- AIM OF THE EXERCISE: Pull from the data below each line where the word "impl" occurs, and copy it.

- ENTRIES SHOWN:

// Input in memory.
ghost use Rattle.std.specs.Prelude.{◌≡◌, ◌<◌, ◌↔◌, Some, length, drop, min, IfOk, IsErr, OnErr};
ghost use Rattle.std.specs.Io.{ReadsAtMost};
ghost use Rattle.std.specs.Io.KnownBytes.{ReadConsumes};
ghost use Rattle.alma_io.specs.Causes.{HasCause};
ghost use Rattle.alma_io.specs.Memory.{FailsNext, after_read};

use crate::memory::schedule::Schedule;
use crate::{Failed, Source};
use alma_base::NoMemory;
use std::alloc::Global;
use std::marker::Model;

/// Input in memory, whose calls fail as a list says.
#[derive(Drop)]
pub struct MemSource {
    bytes: Vec<u8>,
    at: usize,
    piece: usize,
    schedule: Schedule,
    faults: u64,
}

impl Model for MemSource {
    ghost use Rattle.std.specs.Prelude.{◌≤◌, ◌<◌, drop, vec_len};
    ghost use Rattle.alma_io.specs.Memory.{SourceState};

    ghost Value = { SourceState };

    ghost view = { λ s. record { left = drop s.at s.bytes.items; piece = s.piece; schedule = s.schedule; faults = s.faults } };

    ghost invariant = { λ s. (s.at ≤ vec_len s.bytes) × (0 < s.piece) };
}

impl MemSource {
    /// These bytes, at most `piece` of them in a call. `fails` lists the calls, from 1, that fail.
    pub fn new(
        alloc: Global,
        bytes: &[u8],
        piece: usize,
        fails: &[u64],
    ) -> Result<MemSource, NoMemory>
        requires { 0 < piece }
        ensures { IfOk result (λ source. source ≡ record {
          left = bytes.now;
          piece = piece;
          schedule = record { fails = fails.now; calls = 0 };
          faults = 0;
        }) }
    {
        Ok(MemSource {
            bytes: Vec::from_slice(alloc, bytes)?,
            at: 0,
            piece,
            schedule: Schedule::new(alloc, fails)?,
            faults: 0,
        })
    }
}

impl Source for MemSource {
    ghost side = { λ s. record { left = Some s.left; faults = s.faults } };

    fn read(&mut self, buf: &mut [u8]) -> Result<usize, Failed>
        ensures bound { ReadsAtMost result buf.new }
        ensures bytes { ReadConsumes (Some self.old.left) (Some self.new.left) result buf.new }
        ensures cause { HasCause self.old.faults self.new.faults result }

        // Which calls fail, how many bytes the others move, and what is left.
        ensures fails { IsErr result ↔ FailsNext self.old.schedule }
        ensures count { IfOk result (λ n. n ≡ min self.old.piece
            (min (length buf.new) (length self.old.left))) }
        ensures after { self.new ≡ after_read self.old result }

        // The buffer behind those bytes stays as it was.
        ensures rest { IfOk result (λ n. drop n buf.new ≡ drop n buf.old) }
        ensures err { OnErr result (buf.new ≡ buf.old) }
    {
        if self.schedule.fails_next() {
            self.faults = self.faults.saturating_add(1);
            return Err(Failed);
        }
        let rest = &self.bytes[self.at..];
        let count = self.piece.min(buf.len()).min(rest.len());
        buf[..count].copy_from_slice(&rest[..count]);
        self.at += count;
        Ok(count)
    }
}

- RESULT BELOW:
impl Model for MemSource {
impl MemSource {
impl Source for MemSource {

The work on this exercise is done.